Polygamy – it’s a fancy word for a custom that most North Americans find repulsive, and for which laws have been introduced to stamp it out.

Would it be surprising then, to learn that last week a speaker at UFV advocated the acceptance of polygamy?  Would it be even more shocking to learn he wanted to include it under the current legal system?

The speaker was Dr. Jan Neels, a professor at the University of Johannesburg. His presentation was on the recognition of Hindu and Muslim personal law within South Africa, and polygamy provided the catalyst for the issue, rather than being the issue itself. While his solution does include legal acceptance of polygamy, it is because he believes it to be a legal necessity within the cultural and religious framework of South Africa.
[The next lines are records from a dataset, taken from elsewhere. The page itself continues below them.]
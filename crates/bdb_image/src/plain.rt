ghost use Rattle.std.specs.Prelude.{◌≡◌, ◌≢◌, ◌^◌, ◌<◌, [], IsTrue, None, length, true};
ghost use Rattle.std.specs.List.{All};
ghost use Rattle.bdb_slots.specs.of_form.Seen.{page_seen};
ghost use Rattle.bdb_slots.specs.Plain.{IsPlain, IsPlainIn};
ghost use Rattle.bdb_faults.specs.of_format.Terms.{abstract_page, content_targets, form_code, is_page_size};
ghost use Rattle.bdb_faults.specs.of_format.declared.metadata.FileKind.TheVariants.{Queue};

use crate::meta::meta_on;
use bdb_faults::{FileKind, Head};
use bdb_slots::{ContentKind, IndexedView, PageView, content_name, known_form};

/// Whether no item of a page without a fault of form names another page. It's asked while the items are at hand, so that
/// they needn't be gone over again for what they name.
pub(crate) fn is_plain(page: &[u8], head: &Head, number: u32) -> bool
    requires size { IsTrue (is_page_size (length page.now)) }
    requires last { head.now.last < 2 ^ 21 }
    requires form { form_code head.now number page.now ≡ None }
    ensures { result ≡ true → IsPlainIn head.now page.now }
{
    match head.kind {
        FileKind::Btree | FileKind::Hash => is_plain_in_forest(page, head, number),
        FileKind::Queue => true,
    }
}

/// The same of a page of a btree or hash file.
#[tactic(auto, using(crate::proofs::MetaLemmas::held_fields))]
fn is_plain_in_forest(page: &[u8], head: &Head, number: u32) -> bool
    requires size { IsTrue (is_page_size (length page.now)) }
    requires last { head.now.last < 2 ^ 21 }
    requires form { form_code head.now number page.now ≡ None }
    requires forest { head.now.kind ≢ Queue }
    ensures { result ≡ true → IsPlain (abstract_page head.now.order page.now) }
{
    match meta_on(page, head.order) {
        Some(_) => true,
        None => is_plain_view(&known_form(page, number, head.order)),
    }
}

/// Whether no item of a page of pairs or records names another page.
fn is_plain_view(view: &PageView<'_>) -> bool
    ensures { result ≡ true → IsPlain (page_seen view.now) }
{
    match view {
        PageView::Leaf(page) => holds_none(page),
        PageView::RecnoLeaf(page) => holds_none(page),
        PageView::DupLeaf(page) => holds_none(page),
        PageView::Hash(page) => holds_none(page),
        _ => true,
    }
}

// Whether no item of a page names another page.
fn holds_none<'a, K: ContentKind<'a>>(page: &IndexedView<'a, K>) -> bool
    ensures { result ≡ true → All (λ item. content_targets (K.content_of item) ≡ []) page.now.items }
{
    for item in page.items() {
        if content_name(&K::content(&item)).is_some() {
            return false;
        }
    }
    true
}
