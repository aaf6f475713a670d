ghost use Rattle.std.specs.Prelude.{◌≡◌, ◌^◌, ◌<◌, ◌≤◌, IsTrue, length, None, true};
ghost use Rattle.bdb_image.specs.Formed.{IsAccepted, IsFormed};
ghost use Rattle.bdb_slots.specs.Plain.{ArePlain};
ghost use Rattle.bdb_faults.specs.of_format.Terms.{file_of, form_code, head_of, is_page_size, page_bytes};

use bdb_faults::Head;
use bdb_meta::page_slice;
use std::marker::Model;

/// An image on which no row of the first two stages holds: its file is one that is read, and each of its
/// pages by itself has no fault.
#[derive(Drop)]
pub struct Formed<'a> {
    image: &'a [u8],
    head: Head,
    // No item names another page, as far as that was asked.
    plain: bool,
}

impl<'a> Model for Formed<'a> {
    ghost use Rattle.std.specs.Prelude.{◌≡◌, List, ℕ, true};
    ghost use Rattle.bdb_image.specs.Formed.{IsFormed};
    ghost use Rattle.bdb_slots.specs.Plain.{ArePlain};

    ghost Value = { List ℕ };

    ghost view = { λ v. v.image.now };

    ghost invariant = { λ v. IsFormed v.image.now v.head × (v.plain ≡ true → ArePlain v.head v.image.now) };
}

#[tactic(auto, using(crate::proofs::FirstLemmas::formed_pages))]
impl<'a> Formed<'a> {
    /// An image for which the two stages are decided.
    pub fn over(image: &'a [u8], head: Head, plain: bool) -> Formed<'a>
        requires formed { IsFormed image.now head }
        requires plain { plain ≡ true → ArePlain head image.now }
        ensures { result ≡ image.now }
    {
        Formed { image, head, plain }
    }

    /// Another handle to the same image.
    pub fn again(&self) -> Formed<'a>
        ensures same { result ≡ self.now }
        ensures formed { IsFormed self.now (head_of self.now) }
    {
        Formed {
            image: self.image,
            head: self.head,
            plain: self.plain,
        }
    }

    /// What page 0 says of the whole file.
    pub fn head(&self) -> Head
        ensures head { result ≡ head_of self.now }
        ensures last { result.last ≡ (file_of self.now).last }
        ensures few { result.last < 2 ^ 21 }
        ensures formed { IsFormed self.now result }
    {
        self.head
    }

    // Whether no item names another page; where it isn't known, it says no.
    pub(crate) fn is_plain(&self) -> bool
        ensures { result ≡ true → ArePlain (head_of self.now) self.now }
    {
        self.plain
    }

    // The bytes of the file.
    /// Its bytes.
    pub fn image(&self) -> &'a [u8]
        ensures { result.now ≡ self.now }
    {
        self.image
    }

    /// The bytes of a page up to the last one.
    pub fn page_bytes(&self, number: u32) -> &'a [u8]
        requires { number ≤ (head_of self.now).last }
        ensures bytes { result.now ≡ page_bytes (head_of self.now) self.now number }
        ensures size { length result.now ≡ (head_of self.now).page_size }
        ensures legal { IsTrue (is_page_size (length result.now)) }
        ensures form { form_code (head_of self.now) number result.now ≡ None }
    {
        page_bytes(self.image, &self.head, number)
    }
}

/// The bytes of a page of an image whose page 0 is accepted.
#[tactic(auto, using(crate::proofs::FormedLemmas::page_room))]
pub fn page_bytes<'a>(image: &'a [u8], head: &Head, number: u32) -> &'a [u8]
    requires head { IsAccepted image.now head.now }
    requires there { number < head.now.pages }
    ensures bytes { result.now ≡ page_bytes head.now image.now number }
    ensures size { length result.now ≡ head.now.page_size }
    ensures legal { IsTrue (is_page_size (length result.now)) }
{
    page_slice(image, head.page_size, number)
}
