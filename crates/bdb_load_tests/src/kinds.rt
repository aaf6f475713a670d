// Files of one hash or one queue: their pages, by the rules of docs/FORMAT.md, "Built tables" and "Built queues", and what they are dumped as.
use crate::asked::ask;
use crate::loaded::{Answer, image_of, loaded};
use bdb_tool::LoadError;
use std::test::Fail;

/// A dump text, the bytes of its file, what `verify` says of it, and the text that it is dumped as.
#[derive(Clone, Copy)]
struct Row {
    text: &'static [u8],
    long: usize,
    verdict: &'static [u8],
    dumped: &'static [u8],
}

#[test]
fn hashes_and_queues_are_kept(rt: HostRuntime) -> Result<(), Fail> {
    let rows: [Row; 8] = [
        // two keys of a hash: two buckets, of a page each
        Row {
            text: b"VERSION=3\nformat=bytevalue\ntype=hash\nh_nelem=2\ndb_pagesize=4096\nHEADER=END\n 6b32\n 7632\n 6b31\n 7631\nDATA=END\n",
            long: 12288,
            verdict: b"sound, 3 pages\n",
            dumped: b"VERSION=3\nformat=print\ntype=hash\ndb_pagesize=4096\ndb_lorder=1234\nHEADER=END\n k1\n v1\n k2\n v2\nDATA=END\n",
        },
        // no key: two buckets all the same
        Row {
            text: b"VERSION=3\ntype=hash\ndb_pagesize=512\nHEADER=END\nDATA=END\n",
            long: 1536,
            verdict: b"sound, 3 pages\n",
            dumped: b"VERSION=3\nformat=print\ntype=hash\ndb_pagesize=512\ndb_lorder=1234\nHEADER=END\nDATA=END\n",
        },
        // sorted data, in the other order, with a fill factor
        Row {
            text: b"VERSION=3\nformat=print\ntype=hash\ndb_pagesize=512\ndb_lorder=4321\ndupsort=1\nh_ffactor=7\nHEADER=END\n b\n 2\n a\n x\n b\n 1\n b\n 2\n\
                DATA=END\n",
            long: 1536,
            verdict: b"sound, 3 pages\n",
            dumped: b"VERSION=3\nformat=print\ntype=hash\ndb_pagesize=512\ndb_lorder=4321\nduplicates=1\ndupsort=1\nh_ffactor=7\n\
                HEADER=END\n a\n x\n b\n 1\n b\n 2\nDATA=END\n",
        },
        // data as they come, and a datum twice
        Row {
            text: b"VERSION=3\nformat=print\ntype=hash\ndb_pagesize=512\nduplicates=1\nHEADER=END\n b\n 2\n a\n x\n b\n 1\n b\n 2\nDATA=END\n",
            long: 1536,
            verdict: b"sound, 3 pages\n",
            dumped: b"VERSION=3\nformat=print\ntype=hash\ndb_pagesize=512\ndb_lorder=1234\nduplicates=1\nHEADER=END\n a\n x\n b\n 2\n b\n 1\n b\n 2\n\
                DATA=END\n",
        },
        // a key twice: the later datum
        Row {
            text: b"VERSION=3\nformat=print\ntype=hash\ndb_pagesize=512\nHEADER=END\n a\n 1\n a\n 2\nDATA=END\n",
            long: 1536,
            verdict: b"sound, 3 pages\n",
            dumped: b"VERSION=3\nformat=print\ntype=hash\ndb_pagesize=512\ndb_lorder=1234\nHEADER=END\n a\n 2\nDATA=END\n",
        },
        // a slot of a record of three bytes has four, a page 121 of them: records 1 and 3 stand on page 1, and record 200 on page 2
        Row {
            text: b"VERSION=3\nformat=print\ntype=queue\ndb_pagesize=512\nkeys=1\nre_len=3\nre_pad=42\nHEADER=END\n 200\n abc\n 3\n x\n 1\n one\nDATA=END\n",
            long: 1536,
            verdict: b"sound, 3 pages\n",
            dumped: b"VERSION=3\nformat=print\ntype=queue\ndb_pagesize=512\ndb_lorder=1234\nre_len=3\nre_pad=42\nkeys=1\n\
                HEADER=END\n 1\n one\n 3\n x**\n 200\n abc\nDATA=END\n",
        },
        // records without keys, in the other order
        Row {
            text: b"VERSION=3\nformat=print\ntype=queue\ndb_pagesize=512\ndb_lorder=4321\nre_len=4\nre_pad=0\nHEADER=END\n abcd\n \nDATA=END\n",
            long: 1024,
            verdict: b"sound, 2 pages\n",
            dumped: b"VERSION=3\nformat=print\ntype=queue\ndb_pagesize=512\ndb_lorder=4321\nre_len=4\nre_pad=0\nkeys=1\n\
                HEADER=END\n 1\n abcd\n 2\n \\00\\00\\00\\00\nDATA=END\n",
        },
        // no record: the metadata alone
        Row {
            text: b"VERSION=3\nformat=print\ntype=queue\ndb_pagesize=512\nre_len=483\nHEADER=END\nDATA=END\n",
            long: 512,
            verdict: b"sound, 1 pages\n",
            dumped: b"VERSION=3\nformat=print\ntype=queue\ndb_pagesize=512\ndb_lorder=1234\nre_len=483\nre_pad=32\nkeys=1\nHEADER=END\nDATA=END\n",
        },
    ];
    for row in rows {
        let alloc = rt.alloc();
        let image = image_of(alloc, row.text)?;
        assert_eq!(rt; image.as_slice().len(), row.long);
        ask(&rt, alloc, image.as_slice(), &["verify"], 0, row.verdict)?;
        ask(
            &rt,
            alloc,
            image.as_slice(),
            &["dump", "--print"],
            0,
            row.dumped,
        )?;
        let again = image_of(alloc, row.dumped)?;
        ask(
            &rt,
            alloc,
            again.as_slice(),
            &["dump", "--print"],
            0,
            row.dumped,
        )?;
    }
    Ok(())
}

// A row: a dump text, the most bytes of an image, and why there is none.
type Refused = (&'static [u8], u64, LoadError);

#[test]
fn errors_of_hashes_and_queues_are_answered(rt: HostRuntime) -> Result<(), Fail> {
    let rows: [Refused; 12] = [
        // a queue with a name
        (
            b"VERSION=3\nformat=print\ndatabase=q\ntype=queue\nre_len=1\nHEADER=END\nDATA=END\n",
            1073741824,
            LoadError::QueueAmongNames(6),
        ),
        // and behind another database
        (
            b"VERSION=3\nformat=print\ndatabase=a\ntype=btree\nHEADER=END\nDATA=END\n\
                VERSION=3\nformat=print\ndatabase=q\ntype=queue\nre_len=1\nHEADER=END\nDATA=END\n",
            1073741824,
            LoadError::QueueAmongNames(12),
        ),
        // and with a record that is too long for the pages of the other database, whatever its own header says
        (
            b"VERSION=3\nformat=print\ndatabase=a\ntype=btree\ndb_pagesize=512\nHEADER=END\nDATA=END\n\
                VERSION=3\nformat=print\ndatabase=q\ntype=queue\nre_len=1000\ndb_pagesize=4096\nHEADER=END\nDATA=END\n",
            1073741824,
            LoadError::RecordTooLong(14),
        ),
        // and the other way round
        (
            b"VERSION=3\nformat=print\ndatabase=a\ntype=btree\ndb_pagesize=4096\nHEADER=END\nDATA=END\n\
                VERSION=3\nformat=print\ndatabase=q\ntype=queue\nre_len=1000\ndb_pagesize=512\nHEADER=END\nDATA=END\n",
            1073741824,
            LoadError::QueueAmongNames(14),
        ),
        // where the header of the queue says no page size, the usual 4096 bytes don't count; where the first section says none, they do
        (
            b"VERSION=3\nformat=print\ndatabase=a\ntype=btree\ndb_pagesize=512\nHEADER=END\nDATA=END\n\
                VERSION=3\nformat=print\ndatabase=q\ntype=queue\nre_len=1000\nHEADER=END\nDATA=END\n",
            1073741824,
            LoadError::RecordTooLong(13),
        ),
        (
            b"VERSION=3\nformat=print\ndatabase=a\ntype=btree\nHEADER=END\nDATA=END\n\
                VERSION=3\nformat=print\ndatabase=q\ntype=queue\nre_len=1000\ndb_pagesize=512\nHEADER=END\nDATA=END\n",
            1073741824,
            LoadError::QueueAmongNames(13),
        ),
        // a slot of 488 bytes, where a page has room for 484
        (
            b"VERSION=3\nformat=print\ntype=queue\ndb_pagesize=512\nre_len=484\nHEADER=END\nDATA=END\n",
            1073741824,
            LoadError::RecordTooLong(6),
        ),
        // that, and a name: the lesser code
        (
            b"VERSION=3\nformat=print\ndatabase=\ntype=queue\ndb_pagesize=512\nre_len=484\nHEADER=END\nDATA=END\n",
            1073741824,
            LoadError::RecordTooLong(7),
        ),
        // a record that is longer than the others
        (
            b"VERSION=3\nformat=print\ntype=queue\nre_len=1\nHEADER=END\n a\n ab\nDATA=END\n",
            1073741824,
            LoadError::RecordTooLong(7),
        ),
        // record 0
        (
            b"VERSION=3\nformat=print\ntype=queue\nre_len=1\nkeys=1\nHEADER=END\n 0\n a\nDATA=END\n",
            1073741824,
            LoadError::RecordZero(7),
        ),
        // the greatest record
        (
            b"VERSION=3\nformat=print\ntype=queue\nre_len=1\nkeys=1\nHEADER=END\n 4294967295\n a\nDATA=END\n",
            1073741824,
            LoadError::TooLarge,
        ),
        // a byte too few for three pages
        (
            b"VERSION=3\nformat=print\ntype=hash\ndb_pagesize=512\nHEADER=END\nDATA=END\n",
            1535,
            LoadError::TooLarge,
        ),
    ];
    for (text, most, why) in rows {
        match loaded(rt.alloc(), text, most) {
            Answer::Error(error) => assert_eq!(rt; error, why),
            _ => assert!(rt; false),
        }
    }
    Ok(())
}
According to Dr. Neels, about 2% of the South African populace practices polygamy. Legal considerations exist for the practice among indigenous communities, but it has long been unaddressed among other practitioners (generally Hindus and Muslims). While polygamy is unlawful in South Africa, the law is rarely enforced because of the religious nature of the practice. This “blind eye,” Dr. Neels argues, creates a problematic situation within the Hindu and Muslim communities involved, because it forces the law to ignore multiple “religious” marriages.

A man may, in reality, have four wives, but only the first one is recognized by the state. This meant – until the implementation of recent legislature – that in the event of his death or divorce of one or more of those wives, his property was only divided among those relations officially recognized by the state. The death of a husband could therefore leave his wives entirely dependent on his initial spouse and her children. Divorce of a wife married under religious rather than state sanction was even easier, given that the marriage never officially existed in the first place.

Neels concluded that a revision of the marriage laws is needed to protect “the weaker socioeconomic party” within the context of polygamous marriage. Although minor revisions have been made in recent years, the marriage laws still only recognize monogamy in Hindu and Muslim contexts, and Dr. Neels believes full recognition rather than qualification of polygamy is necessary to provide this protection. Only with the full application of secular law can the courts successfully arbitrate domestic and family issues within polygamous communities.

The ability of the law to adapt to religious and cultural rights is restricted by the necessity of retaining the foundational principles of freedom and equality. The law of a country must therefore be considered a balance between the rights of the individual to retain their socio-religious practices and the right of the courts to enforce constitutional practices. 

Ironically, the act necessary to enforce human rights within these communities destroys it in others. The South African courts argue that polygamy is a direct violation of the constitutionally-given right to “equality between genders,” and therefore cannot be made lawful. Of course, it is another constitutional right, that of “freedom of religion,” which justifies the polygamy debate in the first place, and must be dutifully recognized. The question of contradiction between these two constitutionally guaranteed rights is something even Dr. Neels could not fully resolve.

“Don’t sacrifice constitutional rights on the altar of multiculturalism,” Neels warned. However, it would appear that the realities of life in countries such as South Africa dispute that idiom.